É diferente! Com Chiquinho, é diferente! Salve a pouca réplica defensiva que o Portimonense ofereceu – Jogar com linha de cinco atrás, e mesmo assim nenhum dos elementos saltar para não deixar enquadrar quem recebe de frente para a defesa, é e foi um suicídio, e com isso permitiu mais tempo e espaço para que os quatro mais adiantados do Benfica pudessem definir.
Na dinâmica colectiva, saliente-se uma alteração – Na fase de Construção, ao contrário do 2+2 (Centrais + Médios Centro), que habitualmente em caso de necessidade se transforma em 3+1 com o baixar de Gabriel para a esquerda do Central Esquerdo, o Benfica apareceu com um losango na sua saída para o ataque. Gedson posicionou-se sempre como interior direito e Gabriel como interior esquerdo, enquanto Chiquinho nas costas de Vinícius deambulou pela frente de ataque em zonas de criação.

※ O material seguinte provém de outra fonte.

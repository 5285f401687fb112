//! A list that is lent to the command that reads it.
ghost use Rattle.std.specs.Prelude.{◌≡◌};
ghost use Rattle.tks_tcl.specs.View.{elements_of};

use tks_list::Elements;
use tks_share::Shared;

/// The list of a text, for the command that reads it.
pub enum Lent {
    /// One that is kept.
    Kept(Shared<Elements>),
    /// One that was read for this command alone.
    Read(Elements),
}

// Written out, so that to let go of it is one step for whoever owns it.
impl Drop for Lent {
    fn drop(self) {
        match self {
            Lent::Kept(_) => {}
            Lent::Read(_) => {}
        }
    }
}

impl Lent {
    /// The list.
    pub fn get(&self) -> &Elements
        ensures { result.now ≡ elements_of self.now }
    {
        match self {
            Lent::Kept(list) => list.get(),
            Lent::Read(list) => list,
        }
    }
}
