//! The names of built-in commands.
ghost use Rattle.std.specs.Prelude.{◌≡◌, if◌then◌else◌, Some, None, option_map};
ghost use Rattle.tks_text.specs.Text.{same_text};
ghost use Rattle.tks_tcl.specs.Codes.{code_named};
ghost use Rattle.tks_tcl.specs.Lists.{list_named};
ghost use Rattle.tks_tcl.specs.Variables.{variable_named};
ghost use Rattle.tks_tcl.specs.Plain.{command_named};
ghost use Rattle.tks_tcl.specs.Names.{runs_scripts, makes_window, acts_on_windows, is_built_in};
ghost use Rattle.tks_tcl.specs.View.{code_command_of, list_command_of, variable_command_of, command_of};

use crate::codes::CodeCommand;
use crate::lists::ListCommand;
use crate::variables::VariableCommand;
use tks_text::Txt;

/// The commands that run no script.
#[derive(Clone, Copy)]
pub enum Command {
    OfCode(CodeCommand),
    OfLists(ListCommand),
    OfStrings,
    OfVariables(VariableCommand),
}

/// Whether a name is this word. Most words differ in their first byte already.
pub fn is_word(name: &[u8], word: &[u8]) -> bool
    ensures { result ≡ same_text name.now word.now }
{
    match (name, word) {
        ([c, ..], [d, ..]) if c != d => false,
        _ => name == word,
    }
}

// What a word stands for, where a name is this word.
fn if_word<T: Drop>(name: &[u8], word: &[u8], meant: T) -> Option<T>
    ensures { result ≡ (if same_text name.now word.now then Some meant else None) }
{
    if is_word(name, word) {
        Some(meant)
    } else {
        None
    }
}

// The command with a code of its own, of this name.
fn code_named(name: &[u8]) -> Option<CodeCommand>
    ensures { option_map code_command_of result ≡ code_named name.now }
{
    let [first, ..] = name else {
        return None;
    };
    match *first {
        b'b' => if_word(name, b"break", CodeCommand::Break),
        b'c' => if_word(name, b"continue", CodeCommand::Continue),
        b'e' => if_word(name, b"error", CodeCommand::Error),
        b'r' => if_word(name, b"return", CodeCommand::Return),
        _ => None,
    }
}

// The command on lists of this name.
fn list_named(name: &[u8]) -> Option<ListCommand>
    ensures { option_map list_command_of result ≡ list_named name.now }
{
    let [first, ..] = name else {
        return None;
    };
    match *first {
        b'c' => if_word(name, b"concat", ListCommand::Concat),
        b'j' => if_word(name, b"join", ListCommand::Join),
        b'l' => {
            if is_word(name, b"lindex") {
                Some(ListCommand::Lindex)
            } else if is_word(name, b"llength") {
                Some(ListCommand::Llength)
            } else if is_word(name, b"list") {
                Some(ListCommand::List)
            } else if is_word(name, b"lrange") {
                Some(ListCommand::Lrange)
            } else {
                if_word(name, b"lsearch", ListCommand::Lsearch)
            }
        }
        b's' => if_word(name, b"split", ListCommand::Split),
        _ => None,
    }
}

// The command on variables of this name.
fn variable_named(name: &[u8]) -> Option<VariableCommand>
    ensures { option_map variable_command_of result ≡ variable_named name.now }
{
    let [first, ..] = name else {
        return None;
    };
    match *first {
        b'a' => if_word(name, b"append", VariableCommand::Append),
        b'g' => if_word(name, b"global", VariableCommand::Global),
        b'i' => {
            if is_word(name, b"incr") {
                Some(VariableCommand::Incr)
            } else {
                if_word(name, b"info", VariableCommand::Info)
            }
        }
        b'l' => if_word(name, b"lappend", VariableCommand::Lappend),
        b's' => if_word(name, b"set", VariableCommand::Set),
        b'u' => if_word(name, b"unset", VariableCommand::Unset),
        _ => None,
    }
}

impl Command {
    /// The command of this name that runs no script. The first byte of a name leaves few words that it may be.
    pub fn named(name: &Txt) -> Option<Command>
        ensures { option_map command_of result ≡ command_named name.now }
    {
        let name = name.as_bytes();
        if is_word(name, b"string") {
            return Some(Command::OfStrings);
        }
        if let Some(command) = variable_named(name) {
            return Some(Command::OfVariables(command));
        }
        if let Some(command) = list_named(name) {
            return Some(Command::OfLists(command));
        }
        match code_named(name) {
            Some(command) => Some(Command::OfCode(command)),
            None => None,
        }
    }
}

// Whether a command of this name runs scripts.
fn runs_scripts(name: &[u8]) -> bool
    ensures { result ≡ runs_scripts name.now }
{
    is_word(name, b"catch")
        || is_word(name, b"eval")
        || is_word(name, b"expr")
        || is_word(name, b"for")
        || is_word(name, b"foreach")
        || is_word(name, b"if")
        || is_word(name, b"proc")
        || is_word(name, b"while")
}

// Whether a command of this name makes windows.
fn makes_window(name: &[u8]) -> bool
    ensures { result ≡ makes_window name.now }
{
    is_word(name, b"button")
        || is_word(name, b"checkbutton")
        || is_word(name, b"entry")
        || is_word(name, b"frame")
        || is_word(name, b"label")
        || is_word(name, b"listbox")
        || is_word(name, b"text")
}

// Whether a command of this name acts on windows or events.
fn acts_on_windows(name: &[u8]) -> bool
    ensures { result ≡ acts_on_windows name.now }
{
    is_word(name, b"after")
        || is_word(name, b"bind")
        || is_word(name, b"bindtags")
        || is_word(name, b"destroy")
        || is_word(name, b"event")
        || is_word(name, b"focus")
        || is_word(name, b"pack")
        || is_word(name, b"tk_focusNext")
        || is_word(name, b"tk_focusPrev")
}

/// Whether a name is that of a built-in command, also of one that isn't there yet. No procedure has it.
pub fn is_built_in(name: &Txt) -> bool
    ensures { result ≡ is_built_in name.now }
{
    Command::named(name).is_some()
        || runs_scripts(name.as_bytes())
        || makes_window(name.as_bytes())
        || acts_on_windows(name.as_bytes())
}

Não tendo sido uma exibição deslumbrante, a alteração proporcionou mais caminhos para a chegada ao último terço.
E no último terço é muito diferente ter Chiquinho do que não ter. É o jogador do Benfica com maior qualidade para jogar em qualquer um dos espaços da zona de criação, isto é, entre defesas e médios adversários. A qualidade da sua recepção, a ausência de erros técnicos, a interpretação que faz do jogo, sempre a decidir e executar a um nível elevado, tornam-o o jogar com mais potencial para render de todo o plantel – Nos espaços adiantados, diga-se.
Chiquinho, ao contrário de Pizzi, prova que é possível jogar-se na frente e ter indicies elevados de acerto – E não é porque arrisca menos! É porque tecnicamente, na velocidade com que executa e decide é de um nível superior aos colegas.
Também a saída de Seferovic da equipa foi uma boa surpresa que poderá ter contribuído para a maior fluidez do ataque encarnado. O suíço para lá de inapto a finalizar, ainda é menos capaz de oferecer qualidade na hora de procurar os colegas."

Rafa Silva: o TGV da Luz fica no estaleiro até 2020

"Adquirido pelo SL Benfica ao Sporting Clube de Braga, em 2016, por 16,4 milhões de euros – uma transferência recorde entre clubes portugueses -, Rafael Alexandre Fernandes Ferreira Silva – conhecido no mundo do futebol como Rafa – não teve um início de carreira fácil no clube da Luz. No entanto, três anos passaram e a sua preponderância nas “águias” aumentou abruptamente. 
Actualmente, Rafa é um jogador fulcral na manobra ofensiva dos encarnados, pelo que a sua paragem devido a lesão – sofreu uma desinserção do tendão médio adutor à esquerda, frente ao Olympique Lyonnais, em jogo a contar para a terceira jornada da fase de grupos da Champions League – irá ser uma grande dor de cabeça para Bruno Lage, que só deverá poder voltar a contar com o médio em Fevereiro de 2020.
A evolução de Rafa é algo digno de registo: passou de um extremo puro, que procurava sempre o jogo exterior e que fazia da sua capacidade de drible o principal cartão de visita, para um médio ala que, para além de ser extremamente veloz, sabe jogar em espaços interiores, onde o metro quadrado é mais caro,cujos movimentos de ruptura “diagonais” entre o central e o lateral adversários o tornam numa ameaça constante às redes dos seus oponentes.
Para além de toda a qualidade que apresenta no plano ofensivo, o médio português também é um jogador comprometido com as tarefas defensivas, ajudando o seu parceiro de flanco, Alejandro Grimaldo, a “trancar” o lado esquerdo encarnado.
Cabe então a Bruno Lage encontrar a melhor solução para colmatar a ausência do craque ribatejano. As alternativas directas – e mais lógicas – são Caio Lucas, Franco Cervi ou Jota, que são alas de raiz. No entanto, nenhum deles tem a capacidade de desequilíbrio e de jogo interior que Rafa apresenta. 
Outra alternativa poderá ser a adaptação de um médio criativo à ala, como Taarabt ou Chiquinho. Nesse caso, os encarnados perderiam velocidade e poder de explosão, mas ganhariam mais presença no meio-campo.
No meio de tantas dúvidas, há uma certeza: o Benfica não tem, neste momento, uma alternativa que ofereça a qualidade que o português proporciona, pelo que Bruno Lage terá de adaptar as dinâmicas da equipa de modo a atenuar a ausência de Rafa."